EXERCISE INSTRUCTIONS:
In the listing below, find each line that holds the string "sizes" and copy it.

DATA:
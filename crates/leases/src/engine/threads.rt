//! Drains in threads.
ghost use Rattle.std.specs.Prelude.{◌≡◌, ◌≢◌, ◌<◌, ◌≤◌, ◌+◌, Err, IfErr, None, Ok, OnOk, false};
ghost use Rattle.std.specs.Prelude.{true};
ghost use Rattle.reference.specs.World.{Drains, IsPlenty, drain_step};
ghost use Rattle.reference.specs.declared.fault.Fault.TheVariants.{BadLimit, OutOfMemory};
ghost use Rattle.reference.specs.declared.fault.Fault.TheVariants.{TooManyLeases};
ghost use Rattle.run_queue.specs.Slots.{first_of};
ghost use Rattle.laws_engine.specs.Promises.{HasAllWaiting, KeepsItsPromises};
ghost use Rattle.leases.specs.ByQuery.{RunsByQuery};
ghost use Rattle.leases.specs.Drains.{LeavesOthers, as_drained};
ghost use Rattle.leases.specs.Shown.{engine_in, world_in};
ghost use Rattle.leases.specs.Turns.{HasReady};
ghost use Rattle.leases.specs.Whole.{HasNumbers, IsWhole};

use crate::engine::Engine;
use reference::Fault;
use std::thread::Threads;

impl Engine {
    /// Does what `drain` does, in at most `threads` threads if they pay. Each gets a share of the
    /// ready queries. The shares are of about the same work, estimated by each query's last drain.
    /// The threads end before this returns. If the system refuses one, the caller does its share.
    ///
    /// Threads pay if no turn is out and each has some 1,024 rows, a row counted for each window.
    /// If they do not, or `threads` is 1 or 0, this is `drain`.
    ///
    /// # Errors
    /// `BadLimit` if `rows` is out of range; then nothing has changed. If an operator may take
    /// something: `TooManyLeases` if 64 turns are out or all numbers of turns were given;
    /// `OutOfMemory` when out of memory. Each time that memory runs out the drain goes on with half
    /// the rows, and answers so only at a turn of one row, which does nothing. All turns that ran
    /// stay. Drain again to go on.
    ///
    /// Example: `a_drain_takes_query_by_query` in crates/uses/src/engine.rt.
    pub fn drain_by_query<R: Threads + Sync>(
        &mut self,
        rt: &R,
        rows: u32,
        threads: usize,
    ) -> Result<(), Fault>
        ensures does { IsWhole self.old
            → Drains (world_in self.old) (drain_step (world_in self.old) rows) result
            (world_in self.new) }
        ensures whole { IsWhole self.old → IsPlenty result → IsWhole self.new }
        ensures spent { HasNumbers self.new → HasNumbers self.old }
        ensures numbers { IsWhole self.old → result ≡ Err TooManyLeases → ¬ HasNumbers self.new }
        ensures stays_whole { IsWhole self.old → IsWhole self.new }
        ensures runs { RunsByQuery (engine_in self.old) rows result (engine_in self.new) }
        ensures others { LeavesOthers (engine_in self.old) (engine_in self.new) }
        ensures machine { (engine_in self.new).machine ≡ (engine_in self.old).machine }
        ensures idle { OnOk result (first_of (engine_in self.new).slots ≡ None) }
        ensures all { OnOk result (HasAllWaiting (engine_in self.new)) }
        ensures promises { KeepsItsPromises (engine_in self.new) }
    {
        self.state.drain_by_query(rt, rows, threads)
    }

    /// Runs at most `turns` turns in place, query by query. Each ready query gets an equal share of
    /// them, in threads as `drain_by_query` has them. What is left of the turns then runs as
    /// `drain_some` does. Returns whether an operator may still take something: if so, all `turns`
    /// turns have run, each with one number. A pass over instants at which a query has nothing to
    /// do counts as one turn. `rows` limits the rows of each turn: 1 to 1,024.
    ///
    /// Call it until it answers `false`, and let others have the engine in between. It is for much
    /// work: it looks at each query that reads a stream. If a turn is out, it goes turn by turn.
    /// With `turns` 0 it only looks.
    ///
    /// # Errors
    /// `BadLimit` if `rows` is out of range; then nothing has changed. `TooManyLeases` if 64 turns
    /// are out or all numbers of turns were given. `OutOfMemory` as of `drain_by_query`. Both come
    /// only if an operator may take something, and before `turns` turns have run. All turns that
    /// ran stay.
    ///
    /// Example: `a_drain_takes_some_turns_of_each_query` in crates/uses/src/engine.rt.
    pub fn drain_some_by_query<R: Threads + Sync>(
        &mut self,
        rt: &R,
        rows: u32,
        turns: u64,
        threads: usize,
    ) -> Result<bool, Fault>
        ensures runs { RunsByQuery (engine_in self.old) rows (as_drained result)
            (engine_in self.new) }
        ensures most { (engine_in self.new).next ≤ (engine_in self.old).next + turns }
        ensures some { turns ≢ 0 → HasReady (engine_in self.old)
            → OnOk result ((engine_in self.old).next < (engine_in self.new).next) }
        ensures more { result ≡ Ok true → HasReady (engine_in self.new) }
        ensures last { result ≡ Ok true
            → (engine_in self.new).next ≡ (engine_in self.old).next + turns }
        ensures idle { result ≡ Ok false → first_of (engine_in self.new).slots ≡ None }
        ensures all { result ≡ Ok false → HasAllWaiting (engine_in self.new) }
        ensures fewer { result ≡ Err TooManyLeases
            → (engine_in self.new).next < (engine_in self.old).next + turns }
        ensures below { result ≡ Err OutOfMemory
            → (engine_in self.new).next < (engine_in self.old).next + turns }
        ensures looks { turns ≡ 0 → (engine_in self.new ≡ engine_in self.old)
            × IfErr result (λ fault. fault ≡ BadLimit) }
        ensures others { LeavesOthers (engine_in self.old) (engine_in self.new) }
        ensures machine { (engine_in self.new).machine ≡ (engine_in self.old).machine }
        ensures stays_whole { IsWhole self.old → IsWhole self.new }
        ensures spent { HasNumbers self.new → HasNumbers self.old }
        ensures promises { KeepsItsPromises (engine_in self.new) }
    {
        self.state.drain_some_by_query(rt, rows, turns, threads)
    }
}
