fn whole_is_seen(alloc: Global) -> Result<bool, Fault> {
    let mut streams = streams(alloc)?;
    let is_filled = fill(alloc, &mut streams)?;
    let is_closed = heartbeat(&mut streams, 9)?;
    Ok(is_filled && is_closed && two_see(&streams))
}

#[test]
fn rows_are_closed_by_instant_and_then_arrival(rt: HostRuntime) -> Result<(), Fail> {
    assert!(rt; filled_is_seen(rt.alloc())?);
    assert!(rt; whole_is_seen(rt.alloc())?);
    Ok(())
}

// Returns whether the rows are these, each an instant, a number and a value.
pub(crate) fn are_rows(rows: &Arrivals, expected: &[(u64, u64, i128)]) -> bool {
    if rows.values().len() != expected.len() {
        return false;
    }
    let heads = rows.instants().iter().zip(rows.numbers());
    for (((instant, number), value), row) in heads.zip(rows.values()).zip(expected) {
        if *instant != row.0 || *number != row.1 || *value != Value::clamped(row.2) {
            return false;
        }
    }
    true
}

// Returns whether these rows are closed up to the instant, in this order, and closes them.
fn close_rows(
    streams: &mut Streams,
    at: i64,
    expected: &[(u64, u64, i128)],
) -> Result<bool, Fault> {
    let are_closing = match streams.closing(0, at) {
        Ok(closing) => are_rows(&closing, expected),
        Err(_) => false,
    };
    let is_closed = heartbeat(streams, at)?;
    Ok(are_closing && is_closed)
}

// Tries rows in order, rows below the instant that they reached, and rows of one instant from both.
fn first_rows_are_closed(alloc: Global, streams: &mut Streams) -> Result<bool, Fault> {
    let came = append(
        alloc,
        streams,
        &[
            (2, 10),
            (4, 11),
            (3, 12),
            (4, 13),
            (3, 14),
            (6, 15),
            (2, 16),
        ],
    )?;
    let are_closed = close_rows(
        streams,
        3,
        &[(2, 0, 10), (2, 6, 16), (3, 2, 12), (3, 4, 14)],
    )?;
    Ok(came && are_closed)
}

// Tries more of both between two closings.
fn rows_between_are_closed(alloc: Global, streams: &mut Streams) -> Result<bool, Fault> {
    let came = append(alloc, streams, &[(5, 17), (6, 18), (4, 19)])?;
    let are_closed = close_rows(
        streams,
        5,
        &[(4, 1, 11), (4, 3, 13), (4, 9, 19), (5, 7, 17)],
    )?;
    Ok(came && are_closed)
}

// Tries the rest, and rows that come after all was closed.
fn last_rows_are_closed(alloc: Global, streams: &mut Streams) -> Result<bool, Fault> {
    let first = close_rows(streams, 9, &[(6, 5, 15), (6, 8, 18)])?;
    let came = append(alloc, streams, &[(12, 20), (11, 21), (12, 22)])?;
    let second = close_rows(streams, 12, &[(11, 11, 21), (12, 10, 20), (12, 12, 22)])?;
    Ok(first && came && second)
}

fn late_rows_are_closed(alloc: Global) -> Result<[bool; 3], Fault> {
    let mut streams = streams(alloc)?;
    let first = first_rows_are_closed(alloc, &mut streams)?;
    let between = rows_between_are_closed(alloc, &mut streams)?;
    let last = last_rows_are_closed(alloc, &mut streams)?;
    Ok([first, between, last])
}

#[test]
fn late_rows_are_closed_among_those_in_order(rt: HostRuntime) -> Result<(), Fail> {
    assert_eq!(rt; late_rows_are_closed(rt.alloc())?, [true, true, true]);
    Ok(())
}

// Returns streams with rows at the instants 1 and 2. The instant 1 is closed.
fn half_closed(alloc: Global) -> Result<Streams, Fault> {
    let rows = rows(alloc, &[(1, 5), (2, 6)])?;
    let mut streams = streams(alloc)?;
    streams.append(0, &rows, MOST)?;
    close(&mut streams, 0, 1)?;
    Ok(streams)
}

// Returns the first open instant, what a query sees, and how many streams there are.
fn sizes(alloc: Global) -> Result<(u64, u128, usize), Fault> {
    let streams = half_closed(alloc)?;
    Ok((streams.first_open(0), seen(&streams, 0, 0), streams.len()))
}

// Returns the numbers of S and of s.
fn named(alloc: Global) -> Result<[Option<u64>; 2], Fault> {
    let streams = half_closed(alloc)?;
    Ok([streams.named("S"), streams.named("s")])
}

// Returns whether the catalog has only a stream S, of the column a.
fn has_one_stream(catalog: &Catalog) -> bool {
    if catalog.number_of(b"S") != Some(0) || catalog.number_of(b"s").is_some() {
        return false;
    }
    match catalog.columns_of(b"S") {
        [column] => column.as_bytes() == b"a".as_slice(),
        _ => false,
    }
}

fn catalog_has_one_stream(alloc: Global) -> Result<bool, Fault> {
    let streams = half_closed(alloc)?;
    let catalog = streams.catalog()?;
    Ok(has_one_stream(&catalog))
}

#[test]
fn a_heartbeat_comes_in_two_halves(rt: HostRuntime) -> Result<(), Fail> {
    assert_eq!(rt; sizes(rt.alloc())?, (2, 3, 1));
    assert_eq!(rt; named(rt.alloc())?, [Some(0), None]);
    assert!(rt; catalog_has_one_stream(rt.alloc())?);
    Ok(())
}

// Appends two rows, one row and no row where one may come in all. Returns which are refused, and
// how many came.
fn limited(alloc: Global) -> Result<([Option<Fault>; 3], u64), Fault> {
    let mut streams = streams(alloc)?;
    let two = rows(alloc, &[(1, 5), (2, 6)])?;
    let one = rows(alloc, &[(1, 5)])?;
    let none = NewRows::new(alloc);
    let refused = [
        streams.append(0, &two, 1).err(),
        streams.append(0, &one, 1).err(),
        streams.append(0, &none, 1).err(),
    ];
    Ok((refused, streams.arrivals(0)))
}

#[test]
fn rows_over_the_limit_are_refused(rt: HostRuntime) -> Result<(), Fail> {
    assert_eq!(rt;
        limited(rt.alloc())?,
        ([Some(Fault::StreamFull), None, None], 1)
    );
    Ok(())
}

// Returns six rows. Those up to the instant 2 are closed, one of them a late one. One of the open
// rows is late.
pub(crate) fn six_rows(alloc: Global) -> Result<Streams, Fault> {
    let mut streams = streams(alloc)?;
    append(
        alloc,
        &mut streams,
        &[(2, 10), (4, 11), (3, 12), (4, 13), (6, 15), (2, 16)],
    )?;
    close(&mut streams, 0, 2)?;
    Ok(streams)
}

// Keeps the closed rows that are marked, and the open ones that have a reader. False if there are
// not as many closed rows as marks.
fn keep(streams: &mut Streams, kept: &[bool], starts: &[Start]) -> bool {
    match streams.closed(0) {
        Some(closed) => {
            if closed != kept.len() {
                return false;
            }
            streams.keep(0, kept, starts);
            true
        }
        None => false,
    }
}

// Returns what is left of the six rows: how many are closed and how many there are in all. Then
// whether these rows are closed up to the instant 9, how many came, and the first open instant.
fn left(
    alloc: Global,
    kept: &[bool],
    starts: &[Start],
    expected: &[(u64, u64, i128)],
) -> Result<([Option<usize>; 2], bool, u64, u64), Fault> {
    let mut streams = six_rows(alloc)?;
    if !keep(&mut streams, kept, starts) {
        return Ok(([None, None], false, 0, 0));
    }
    let counts = [streams.closed(0), streams.kept(0)];
    let first = streams.first_open(0);
    let are_left = close_rows(&mut streams, 9, expected)?;
    Ok((counts, are_left, streams.arrivals(0), first))
}

#[test]
fn all_rows_are_kept(rt: HostRuntime) -> Result<(), Fail> {
    let all = left(
        rt.alloc(),
        &[true, true],
        &[Start { place: 0, first: 0 }],
        &[(3, 2, 12), (4, 1, 11), (4, 3, 13), (6, 4, 15)],
    )?;
    assert_eq!(rt; all, ([Some(2), Some(6)], true, 6, 3));
    Ok(())
}

#[test]
fn no_row_is_kept(rt: HostRuntime) -> Result<(), Fail> {
    let none = left(rt.alloc(), &[false, false], &[], &[])?;
    assert_eq!(rt; none, ([Some(0), Some(0)], true, 6, 3));
    Ok(())
}

#[test]
fn a_late_instant_goes_with_its_last_row(rt: HostRuntime) -> Result<(), Fail> {
    let later = left(
        rt.alloc(),
        &[false, true],
        &[Start { place: 0, first: 4 }],
        &[(4, 1, 11), (4, 3, 13), (6, 4, 15)],
    )?;
    assert_eq!(rt; later, ([Some(1), Some(4)], true, 6, 3));
    Ok(())
}

#[test]
fn a_late_row_stays_for_one_of_two_readers(rt: HostRuntime) -> Result<(), Fail> {
    let read = left(
        rt.alloc(),
        &[true, false],
        &[Start { place: 0, first: 6 }, Start { place: 2, first: 3 }],
        &[(3, 2, 12), (4, 3, 13), (6, 4, 15)],
    )?;
    assert_eq!(rt; read, ([Some(1), Some(4)], true, 6, 3));
    Ok(())
}

// Returns whether this is all that the list has.
fn is_only(list: &[u64], expected: u64) -> bool {
    match list {
        [only] => *only == expected,
        _ => false,
    }
}

// Returns whether the row of the number 5, at the instant 2, is the only one that is closed.
fn last_row_is_closed(streams: &Streams) -> bool {
    match streams.log(0) {
        Some(log) => is_only(log.instants(), 2) && is_only(log.numbers(), 5),
        None => false,
    }
}

// Returns what the log has of the six rows if the last one is kept, and how many rows and ticks a
// query sees: that row and three ticks.
fn last_is_kept(alloc: Global) -> Result<(bool, u128), Fault> {
    let mut streams = six_rows(alloc)?;
    if !keep(&mut streams, &[false, true], &[]) {
        return Ok((false, 0));
    }
    Ok((last_row_is_closed(&streams), seen(&streams, 0, 0)))
}

// Returns which number the next row has if none was kept, and how many rows are kept with it.
fn next_is_numbered(alloc: Global) -> Result<(bool, Option<usize>, Option<usize>), Fault> {
    let mut streams = six_rows(alloc)?;
    if !keep(&mut streams, &[false, false], &[]) {
        return Ok((false, None, None));
    }
    append(alloc, &mut streams, &[(7, 20)])?;
    let kept = streams.kept(0);
    let is_next = close_rows(&mut streams, 9, &[(7, 6, 20)])?;
    Ok((is_next, kept, streams.kept(1)))
}

#[test]
fn counts_and_numbers_go_on(rt: HostRuntime) -> Result<(), Fail> {
    assert_eq!(rt; last_is_kept(rt.alloc())?, (true, 4));
    assert_eq!(rt; next_is_numbered(rt.alloc())?, (true, Some(1), None));
    Ok(())
}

ANSWER BELOW:
fn sizes(alloc: Global) -> Result<(u64, u128, usize), Fault> {
    assert_eq!(rt; sizes(rt.alloc())?, (2, 3, 1));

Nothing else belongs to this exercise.